Born in Beirut, she is the daughter of the prominent Syrian intellectual Constantin Zureiq and his Lebanese wife Najla Cortas. Afaf Zurayk graduated from the American University of Beirut in 1970 with a BA in fine arts with distinction, and obtained an MA in Islamic art from Harvard University in 1972. She taught in Lebanon at the Beirut University College (now Lebanese American University) and the American University of Beirut, as well as in the continuing education programs of the Corcoran College of Art and Design and Georgetown University in Washington D.C.

== Books ==
To date, Afaf Zurayk has authored six books:

- My Father. Reflections, published by Rimal Books in 2010.

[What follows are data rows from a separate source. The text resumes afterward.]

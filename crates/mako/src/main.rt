//! The program: the top call over the words of the command line, standard input and standard output.
#![tactic(auto)]

use mako_cli::top;
use mako_io::{StdSink, StdSource};
use std::env::Env;
use std::process::ExitCode;
use std::{env, io};

/// The words after the program's name.
fn words(rt: &(impl Env + AllocGlobal)) -> io::Result<Vec<String>> {
    Ok(env::args(rt)?.skip(1).collect(rt.alloc())?)
}

/// Words that cannot be had as text are no command.
fn main(rt: HostRuntime) -> ExitCode {
    let words = words(&rt).unwrap_or(Vec::new(rt.alloc()));
    let mut source = StdSource::new(&rt);
    let mut sink = StdSink::new(&rt);
    ExitCode::from(top(&rt, rt.alloc(), &words, &mut source, &mut sink).status)
}
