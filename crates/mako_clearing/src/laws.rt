//! Each step of a server's evacuation keeps all groups. The functions do nothing; what they ensure is for contracts
//! and proofs.

ghost use Rattle.mako_clearing.specs.Apart.{EvacuationsAreApart, HearingIsApart, StoresAreApart};
ghost use Rattle.mako_clearing.specs.Clearing.{ClearingStays, FreeingKeeps, TabletsKeep};
ghost use Rattle.mako_clearing.specs.Hearing.{FinishKeeps, HearingKeeps};
ghost use Rattle.mako_clearing.specs.Notices.{SendingStays};
ghost use Rattle.mako_clearing.specs.Rooms.{FreedAreFew};
ghost use Rattle.mako_clearing.specs.Smallness.{ObjectsStaySmall, PointsKeepSizes};
ghost use Rattle.mako_clearing.specs.Turning.{EvacuationsBegin, EvacuationsEnd};

/// A server's evacuation begins at the first of its tablets; and where it has no step any more, it is at its end.
pub fn evacuations_begin_and_end()
    ensures begin { EvacuationsBegin }
    ensures end { EvacuationsEnd }
{}

/// A server that evacuates loads whether a tablet is leaving, shuts and drains its gate, copies the records of the
/// cycle that are left behind, clears leaving and reopens the gate. Each of these steps keeps all groups, and what the
/// server keeps of itself.
pub fn tablets_keep_all()
    ensures { TabletsKeep }
{}

/// Past its tablets a server frees the entries of dead objects, and tells each name and then the end of the cycle.
/// Each of these steps keeps all groups, and what the server keeps of itself.
pub fn freeing_keeps_all()
    ensures { FreeingKeeps }
{}

/// What a server that evacuates keeps of itself stands through steps of other seats that keep all groups, leave its
/// entries that are due to be freed, and store nothing into the slot that it found empty.
pub fn clearing_stays()
    ensures { ClearingStays }
{}

/// So it is with the steps of another server's evacuation, with those of the collector at notices, and with each store
/// that is neither at one of the server's entries nor at one of its notice slots.
pub fn evacuations_are_apart()
    ensures servers { EvacuationsAreApart }
    ensures hearing { HearingIsApart }
    ensures stores { StoresAreApart }
{}

/// What a server has sent stands through steps that store none of its notices.
pub fn sending_stays()
    ensures { SendingStays }
{}

/// The collector takes the notices of the servers in turn: each look and each take keeps all groups, and what is left
/// of what the server has sent.
pub fn hearing_keeps_all()
    ensures { HearingKeeps }
{}

/// Once it has heard all servers, it stores Idle: the cycle is finished with the names that were freed, the regions
/// that tablets gave up become spare, and all groups are kept.
pub fn cycles_finish()
    ensures { FinishKeeps }
{}

/// The names that finished cycles and the running one have freed are no more than the names made: so the collector has
/// room for each that it takes.
pub fn freed_are_few()
    ensures { FreedAreFew }
{}

/// An object has at most 14 fields, where programs ask for no larger ones; and it keeps their number.
pub fn objects_stay_small()
    ensures small { ObjectsStaySmall }
    ensures sizes { PointsKeepSizes }
{}
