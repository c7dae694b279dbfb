//! What the lines add that open or close a block, or stand in one of an operator or a building.
ghost use Rattle.std.specs.Prelude.{◌≡◌, ◌≤◌, ◌++◌, ◌∷◌, false, [], length, map, IfOk, OnOk};
ghost use Rattle.px_base.specs.Bounds.{u32_max};
ghost use Rattle.px_script.specs.Faults.{is_bad_table};
ghost use Rattle.px_script.specs.Statements as spec;
ghost use Rattle.px_effects.specs.Common.{AreOfKinds, IsFresh, string_bytes, with_thing, AreInRange, AreReadable, declared_of, leaves, operator_view, in_role, signed_view, text_of};

use crate::declaring::{add_name, declare_names};
use crate::sorts::without_sorts;
use crate::tables::close_table;
use px_base::{NoMemory, Sequence};
use px_lines::SignedAtom;
use px_names::Kind;
use px_so_far::{BlockKind, OpenBlock, OpenOperator, SoFar, Variables};
use px_terms::Schema;
use px_world::Thing;
use std::alloc::Global;

/// A list of an operator.
#[derive(Clone, Copy)]
pub enum Role {
    /// The precondition.
    Pre,
    /// The delete list.
    Delete,
    /// The add list.
    Add,
}

/// The predicates of every building, by number.
const PREDICATES: [&str; 8] = [
    "INROOM", "NEXTTO", "CONNECTS", "OPENED", "CLOSED", "ROOM", "DOOR", "BOX",
];

/// The numbers of their arguments.
const ARITIES: [u8; 8] = [2, 2, 3, 1, 1, 1, 1, 1];

/// The operators of every building, by number.
const OPERATORS: [&str; 7] = [
    "GOTOB", "GOTOD", "OPEN", "CLOSE", "GOTHRU", "PUSHD", "PUSHTHRU",
];

/// Returns the names as texts of their own.
fn owned(alloc: Global, names: &[&str]) -> Result<Vec<String>, NoMemory>
    ensures { IfOk result (λ owned. map string_bytes owned.items ≡ map text_of names.now) }
{
    let mut owned = Vec::new(alloc);
    for name in names {
        owned.push(String::from_str(alloc, name)?)?;
    }
    Ok(owned)
}

/// Opens the block of an operator whose parameters have these names and no sort, and adds its name.
pub fn begin_operator(
    so_far: &mut SoFar,
    line: u32,
    name: &str,
    parameters: &[&str],
) -> Result<(), NoMemory>
    requires fresh { IsFresh Kind.Operator so_far.old.names name.now }
    ensures { OnOk result (declared_of so_far.new
        ≡ leaves line (declared_of so_far.old) (spec.operator name.now (map text_of parameters.now))) }
{
    let alloc = so_far.alloc;
    let sorts = without_sorts(alloc, parameters)?;
    let parameters = owned(alloc, parameters)?;
    add_name(so_far, Kind::Operator, name)?;
    so_far.block = Some(OpenBlock {
        line,
        kind: BlockKind::Operator(OpenOperator {
            parameters,
            sorts,
            pre: Vec::new(alloc),
            delete: Vec::new(alloc),
            add: Vec::new(alloc),
        }),
    });
    Ok(())
}

/// Adds atoms to a list of the open operator.
#[tactic(auto, using(crate::proofs::Facts::map_map))]
pub fn extend_operator(
    so_far: &mut SoFar,
    role: Role,
    atoms: &[SignedAtom<'_>],
) -> Result<(), NoMemory>
    requires readable { AreReadable (declared_of so_far.old) atoms.now }
    ensures { OnOk result (declared_of so_far.new ≡ leaves 0 (declared_of so_far.old) (in_role role (map signed_view atoms.now))) }
{
    let atoms = so_far.atoms(&Variables::Named(&[]), atoms)?;
    if let Some(block) = &mut so_far.block {
        if let BlockKind::Operator(operator) = &mut block.kind {
            match role {
                Role::Pre => operator.pre.extend_from_slice(&atoms)?,
                Role::Delete => operator.delete.extend_from_slice(&atoms)?,
                Role::Add => operator.add.extend_from_slice(&atoms)?,
            }
        }
    }
    Ok(())
}

/// Closes the open block, and adds the operator or the table that it is of.
pub fn close_block(so_far: &mut SoFar) -> Result<(), NoMemory>
    requires range { AreInRange (declared_of so_far.old) }
    requires good { is_bad_table (declared_of so_far.old) spec.end ≡ false }
    ensures { OnOk result (declared_of so_far.new ≡ leaves 0 (declared_of so_far.old) (spec.end)) }
{
    let Some(block) = so_far.block.take() else {
        return Ok(());
    };
    match block.kind {
        BlockKind::Operator(operator) => add_schema(so_far, operator),
        BlockKind::Building => Ok(()),
        BlockKind::Table(table) => close_table(so_far, table),
    }
}

fn add_schema(so_far: &mut SoFar, operator: OpenOperator) -> Result<(), NoMemory>
    requires few { length so_far.old.schemas.items ≤ u32_max }
    requires few_parameters { length operator.parameters.items ≤ u32_max }
    ensures same { OnOk result (so_far.new ≡ record so_far.old { schemas = so_far.new.schemas }) }
    ensures schemas { OnOk result (so_far.new.schemas.items
        ≡ so_far.old.schemas.items ++ (operator_view (length so_far.old.schemas.items) operator).schema ∷ []) }
{
    let op = so_far.schemas.len() as u32;
    so_far.schemas.push(Schema {
        op,
        params: operator.parameters.len() as u32,
        pre: Sequence::from_vec(operator.pre),
        del: Sequence::from_vec(operator.delete),
        add: Sequence::from_vec(operator.add),
        param_sorts: Sequence::from_vec(operator.sorts),
    })?;
    Ok(())
}

/// Opens the building's block, and declares the names that every building gives to its script.
pub fn open_building(so_far: &mut SoFar, line: u32) -> Result<(), NoMemory>
    requires fresh { AreOfKinds (leaves line (declared_of so_far.old) spec.building).names }
    ensures { OnOk result (declared_of so_far.new ≡ leaves line (declared_of so_far.old) (spec.building)) }
{
    declare_names(so_far, Kind::Object, &["ROBOT"])?;
    declare_names(so_far, Kind::Predicate, &PREDICATES)?;
    declare_names(so_far, Kind::Operator, &OPERATORS)?;
    so_far.arities.extend_from_slice(&ARITIES)?;
    so_far.things = Some(Vec::new(so_far.alloc));
    so_far.block = Some(OpenBlock {
        line,
        kind: BlockKind::Building,
    });
    Ok(())
}

/// Adds a room to the building.
pub fn add_room(so_far: &mut SoFar, name: &str) -> Result<(), NoMemory>
    requires fresh { IsFresh Kind.Object so_far.old.names name.now }
    ensures { OnOk result (declared_of so_far.new ≡ leaves 0 (declared_of so_far.old) (spec.room name.now)) }
{
    add_name(so_far, Kind::Object, name)?;
    so_far.rooms.push(String::from_str(so_far.alloc, name)?)?;
    add_thing(so_far, Thing::Room)
}

/// Adds a door between two rooms to the building.
pub fn add_door(
    so_far: &mut SoFar,
    name: &str,
    one: &str,
    other: &str,
    is_open: bool,
) -> Result<(), NoMemory>
    requires fresh { IsFresh Kind.Object so_far.old.names name.now }
    ensures { OnOk result (declared_of so_far.new ≡ leaves 0 (declared_of so_far.old) (spec.door name.now one.now other.now is_open)) }
{
    let a = so_far.object(one);
    let b = so_far.object(other);
    add_name(so_far, Kind::Object, name)?;
    so_far.doors.push(String::from_str(so_far.alloc, name)?)?;
    add_thing(so_far, Thing::Door { a, b, is_open })
}

/// Adds a box in a room to the building.
pub fn add_box(so_far: &mut SoFar, name: &str, room: &str) -> Result<(), NoMemory>
    requires fresh { IsFresh Kind.Object so_far.old.names name.now }
    ensures { OnOk result (declared_of so_far.new ≡ leaves 0 (declared_of so_far.old) (spec.box name.now room.now)) }
{
    let room = so_far.object(room);
    add_name(so_far, Kind::Object, name)?;
    so_far.boxes.push(String::from_str(so_far.alloc, name)?)?;
    add_thing(so_far, Thing::Box { room })
}

/// Puts the building's robot into a room.
pub fn add_robot(so_far: &mut SoFar, room: &str) -> Result<(), NoMemory>
    ensures { OnOk result (declared_of so_far.new ≡ leaves 0 (declared_of so_far.old) (spec.robot room.now)) }
{
    let room = so_far.object(room);
    add_thing(so_far, Thing::Robot { room })
}

fn add_thing(so_far: &mut SoFar, thing: Thing) -> Result<(), NoMemory>
    ensures { OnOk result (declared_of so_far.new ≡ with_thing thing (declared_of so_far.old)) }
{
    if let Some(things) = &mut so_far.things {
        things.push(thing)?;
    }
    Ok(())
}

- lovesong, published by Rimal Books in 2011.
- Drawn poems, published 2012, a collection of drawings printed and bound in an edition of 500 copies.
- Return Journeys, a monograph published in 2019. Return Journeys Monograph was produced alongside its eponymous retrospective exhibition, held at Saleh Barakat Gallery in 2019.
- Drawn By Light, published in 2019 by the American University of Beirut Press.
- Beyond Art printed and bound in Lebanon.